TASK BRIEF: Select and reproduce each line of the listing below that bears the string "step".

PROVIDED DATA:
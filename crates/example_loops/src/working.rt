//! What a worker does.
ghost use Rattle.locks.specs.Calling.{CanLock};

use crate::jobs::Jobs;
use locks::{Fault, Mutex, Pass, ThreadParking};
use std::sync::Wait;
use std::time::Clock;

/// The condition on which a worker waits for a job, or for the end.
pub const JOB: u8 = 0;

/// The condition on which the submitter waits for a place.
pub const PLACE: u8 = 1;

/// How many jobs were done, and their sum.
#[derive(Clone, Copy)]
pub struct Done {
    pub jobs: u64,
    pub sum: u64,
}

impl Done {
    const NONE: Done = Done { jobs: 0, sum: 0 };

    /// Both together.
    pub fn and(self, other: Done) -> Done {
        Done {
            jobs: self.jobs.saturating_add(other.jobs),
            sum: self.sum.saturating_add(other.sum),
        }
    }
}

/// Waits for a job, and takes it. Returns None if the queue is closed and empty, and `Err(Interrupted)` if it is empty
/// and the thread is interrupted. A fault leaves each job where it was.
fn take<R: Wait + Clock>(
    rt: &R,
    parking: &ThreadParking,
    queue: &Mutex<Jobs>,
    pass: &mut Pass,
) -> Result<Option<u64>, Fault>
    requires { CanLock queue.now parking.now pass.old }
    ensures { CanLock queue.now parking.now pass.new }
{
    let mut guard = Mutex::lock(pass, queue, rt, parking)?;
    for _ in rt.forever() {
        if !guard.value().is_empty() {
            guard.signal(PLACE)?;
            return Ok(Some(guard.value_mut().take()));
        }
        if guard.value().is_closed() {
            return Ok(None);
        }
        guard.wait(JOB)?;
    }
    unreachable!()
}

/// Does jobs until the queue is closed and empty, or until the thread is interrupted. Returns what it did.
pub fn work<R: Wait + Clock>(
    rt: &R,
    parking: &ThreadParking,
    queue: &Mutex<Jobs>,
    pass: &mut Pass,
) -> Result<Done, Fault>
    requires { CanLock queue.now parking.now pass.old }
    ensures { CanLock queue.now parking.now pass.new }
{
    let mut done = Done::NONE;
    for _ in rt.forever() {
        match take(rt, parking, queue, pass) {
            Ok(Some(job)) => done = done.and(Done { jobs: 1, sum: job }),
            Ok(None) | Err(Fault::Interrupted) => return Ok(done),
            Err(fault) => return Err(fault),
        }
    }
    unreachable!()
}
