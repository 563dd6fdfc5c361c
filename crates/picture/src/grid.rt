//! The rows of the seats, the scale below them, and the place of an illegal entry.

use crate::escaping::put_seat;
use crate::naming::Names;
use crate::pieces::{Rect, put, put_placed, put_rect};
use crate::sheet::Sheet;
use crate::titles::put_wrong_title;
use history::header::Object;
use std::alloc::AllocError;

/// Where the rows stand, in pixels, and the places in them: one for an entry, or for a column of entries.
#[derive(Clone, Copy, Debug)]
pub(crate) struct Grid {
    /// The number of the first place.
    pub(crate) from: u64,
    /// How many places there are.
    pub(crate) places: u64,
    /// The left edge of the first place. The seats are told left of it.
    pub(crate) left: u64,
    /// How wide each place is.
    pub(crate) step: u64,
    /// The upper edge of the first row.
    pub(crate) top: u64,
    pub(crate) rows: u64,
}

impl Grid {
    /// Returns the left edge of a place.
    pub(crate) fn x(self, place: u64) -> u64 {
        let before = place.saturating_sub(self.from);
        self.left.saturating_add(before.saturating_mul(self.step))
    }

    /// Returns the upper edge of a row.
    pub(crate) fn y(self, row: u64) -> u64 {
        self.top.saturating_add(row.saturating_mul(40))
    }

    /// Returns the lower edge of all rows.
    pub(crate) fn bottom(self) -> u64 {
        self.y(self.rows)
    }

    /// Returns the right edge of all places, with room for an illegal entry after them.
    pub(crate) fn right(self) -> u64 {
        let after = self.places.saturating_add(1);
        self.x(self.from.saturating_add(after))
    }

    /// Returns the width of a picture, of at least so many pixels.
    pub(crate) fn width(self, least: u64) -> u64 {
        self.right().saturating_add(16).max(least)
    }
}

/// Returns the left edge of the first place. The names of seats need more room than their numbers.
pub(crate) fn left_of(names: &Names) -> u64 {
    if names.name_a_seat() { 200 } else { 72 }
}

/// Returns what the amounts of an object are, if it has some. Everybody has a share of such an object.
pub(crate) fn amounts_of(object: Object) -> Option<&'static [u8]> {
    match object {
        Object::Lock(_) | Object::ReadWrite(_) => None,
        Object::Semaphore(_, _) => Some(b"free"),
        Object::Latch(_) => Some(b"count"),
    }
}

/// Appends the rows of the seats that have one. A seat is told so far below the upper edge of its row.
pub(crate) fn put_rows(
    out: &mut Vec<u8>,
    sheet: Sheet<'_>,
    grid: Grid,
    lower: u64,
) -> Result<(), AllocError> {
    for seat in 0..sheet.picture.header.seats {
        if sheet.has_row(seat) {
            let row = sheet.row_of(seat as usize);
            put_shade(out, grid, row)?;
            put_placed(out, b"<text x='", 8, grid.y(row).saturating_add(lower))?;
            put_seat(out, sheet.names, b"'>seat ", seat)?;
            out.extend_from_slice(b"</text>\n")?;
        }
    }
    Ok(())
}

/// Appends the background of a row. Every other one is shaded.
fn put_shade(out: &mut Vec<u8>, grid: Grid, row: u64) -> Result<(), AllocError> {
    if row % 2 == 1 {
        return Ok(());
    }
    let area = Rect {
        x: 0,
        y: grid.y(row),
        width: grid.right(),
        height: 40,
    };
    put_rect(out, b"<rect class='r' x='", area)?;
    out.extend_from_slice(b"'/>\n")
}

/// Appends a line of the scale before a place, from `top` down through all rows, and an entry's number below
/// it.
pub(crate) fn put_tick(
    out: &mut Vec<u8>,
    grid: Grid,
    top: u64,
    place: u64,
    number: u64,
) -> Result<(), AllocError> {
    let x = grid.x(place);
    let bottom = grid.bottom();
    put(out, b"<path class='g' d='M", x)?;
    put(out, b" ", top)?;
    put(out, b"V", bottom.saturating_add(4))?;
    put_placed(
        out,
        b"'/>\n<text x='",
        x.saturating_add(3),
        bottom.saturating_add(14),
    )?;
    put(out, b"'>", number)?;
    out.extend_from_slice(b"</text>\n")
}

/// Appends the place of the illegal entry, if it follows those that are drawn: an exclamation mark in the row
/// of its seat, and a field through all rows.
pub(crate) fn put_wrong(out: &mut Vec<u8>, sheet: Sheet<'_>, grid: Grid) -> Result<(), AllocError> {
    let place = sheet.picture.to;
    if !sheet.picture.ends_wrong() {
        return Ok(());
    }
    if let Some(entry) = sheet.entry_at(place) {
        put_mark_place(out, grid, place, sheet.row_of(entry.seat as usize))?;
        out.extend_from_slice(b"m0 -5v5m0 2v2'/>\n")?;
    }
    let area = Rect {
        x: grid.x(place),
        y: grid.top,
        width: grid.step,
        height: grid.rows.saturating_mul(40),
    };
    put_rect(out, b"<rect class='e' x='", area)?;
    put_wrong_title(out, sheet, place)
}

/// Appends the beginning of a mark in the middle of a place, below the bars of a row.
pub(crate) fn put_mark_place(
    out: &mut Vec<u8>,
    grid: Grid,
    place: u64,
    row: u64,
) -> Result<(), AllocError> {
    put(
        out,
        b"<path class='m' d='M",
        grid.x(place).saturating_add(grid.step / 2),
    )?;
    put(out, b" ", grid.y(row).saturating_add(34))
}
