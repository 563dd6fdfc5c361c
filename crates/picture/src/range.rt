//! The lowest and the highest of some amounts.

/// The lowest and the highest of some amounts.
#[derive(Clone, Copy, Debug)]
pub(crate) struct Range {
    pub(crate) low: i128,
    pub(crate) high: i128,
}

impl Range {
    /// Returns the lowest and the highest of 0 and some amounts.
    pub(crate) fn with_zero(amounts: &[i128]) -> Self {
        Range::around(0, amounts)
    }

    /// Returns the lowest and the highest of some amounts.
    pub(crate) fn of(amounts: &[i128]) -> Self {
        match amounts.get(0) {
            Some(first) => Range::around(*first, amounts),
            None => Range::around(0, amounts),
        }
    }

    /// Returns the lowest and the highest of one amount and some others.
    fn around(amount: i128, others: &[i128]) -> Self {
        let mut range = Range {
            low: amount,
            high: amount,
        };
        for other in others {
            range.low = range.low.min(*other);
            range.high = range.high.max(*other);
        }
        range
    }

    /// Returns how far an amount is above the lowest, from 0 to this many pixels.
    pub(crate) fn up(self, amount: &i128, pixels: u8) -> u64 {
        let span = self.high.abs_diff(self.low).max(1);
        let gap = (*amount).abs_diff(self.low);
        let most = u128::from(pixels);
        (gap.saturating_mul(most) / span).min(most) as u64
    }
}
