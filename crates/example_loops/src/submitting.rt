//! What the submitter does.
ghost use Rattle.std.specs.Prelude.{◌≤◌};
ghost use Rattle.locks.specs.Calling.{CanLock};

use crate::jobs::Jobs;
use crate::working::{JOB, PLACE};
use locks::{Fault, Mutex, Parking, Pass, ThreadParking};
use std::sync::Wait;
use std::time::Clock;

/// The most milliseconds that the submitter waits for a place.
const PATIENCE: u32 = 10_000;

/// The seats of the workers.
const WORKERS: u16 = 2;

/// How the submitter ends the work.
#[derive(Clone, Copy)]
pub enum Ending {
    /// It closes the queue.
    Closes,
    /// It interrupts the workers.
    Interrupts,
}

/// Waits for a place, for ten seconds at most, and puts a job there. Returns whether there was a place. A worker that
/// waits is signalled first: it cannot look before this thread has unlocked.
fn submit<R: Wait + Clock>(
    rt: &R,
    parking: &ThreadParking,
    queue: &Mutex<Jobs>,
    pass: &mut Pass,
    job: u64,
) -> Result<bool, Fault>
    requires { CanLock queue.now parking.now pass.old }
    ensures { CanLock queue.now parking.now pass.new }
{
    let mut guard = Mutex::lock(pass, queue, rt, parking)?;
    if guard.value().is_full() {
        guard.wait_for(PLACE, PATIENCE)?;
    }
    if guard.value().is_full() {
        return Ok(false);
    }
    guard.signal(JOB)?;
    guard.value_mut().put(job)?;
    Ok(true)
}

/// Closes the queue, and wakes each worker that waits for a job.
fn close<R: Wait + Clock>(
    rt: &R,
    parking: &ThreadParking,
    queue: &Mutex<Jobs>,
    pass: &mut Pass,
) -> Result<(), Fault>
    requires { CanLock queue.now parking.now pass.old }
    ensures { CanLock queue.now parking.now pass.new }
{
    let mut guard = Mutex::lock(pass, queue, rt, parking)?;
    guard.value_mut().close();
    guard.signal_all(JOB)
}

/// Submits the jobs from 1 to `jobs`, until one finds no place. Returns how many found one.
fn submit_each<R: Wait + Clock>(
    rt: &R,
    parking: &ThreadParking,
    queue: &Mutex<Jobs>,
    pass: &mut Pass,
    jobs: u64,
) -> Result<u64, Fault>
    requires { CanLock queue.now parking.now pass.old }
    ensures { CanLock queue.now parking.now pass.new }
{
    let mut submitted = 0u64;
    for job in 1..=jobs {
        if !submit(rt, parking, queue, pass, job)? {
            return Ok(submitted);
        }
        submitted = submitted.saturating_add(1);
    }
    Ok(submitted)
}

/// Submits the jobs from 1 to `jobs` until one finds no place, and then ends the work, after a fault too. Returns how
/// many found a place.
pub fn submit_all<R: Wait + Clock>(
    rt: &R,
    parking: &ThreadParking,
    queue: &Mutex<Jobs>,
    pass: &mut Pass,
    jobs: u64,
    ending: Ending,
) -> Result<u64, Fault>
    requires lock { CanLock queue.now parking.now pass.old }
    requires workers { WORKERS ≤ parking.now }
    ensures { CanLock queue.now parking.now pass.new }
{
    let submitted = submit_each(rt, parking, queue, pass, jobs);
    let is_closed = match ending {
        Ending::Closes => close(rt, parking, queue, pass).is_ok(),
        Ending::Interrupts => false,
    };
    if !is_closed {
        for worker in 0..WORKERS {
            parking.interrupt(worker);
        }
    }
    submitted
}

FINISHED EXERCISE:
    pub(crate) step: u64,
        self.left.saturating_add(before.saturating_mul(self.step))
        width: grid.step,
        grid.x(place).saturating_add(grid.step / 2),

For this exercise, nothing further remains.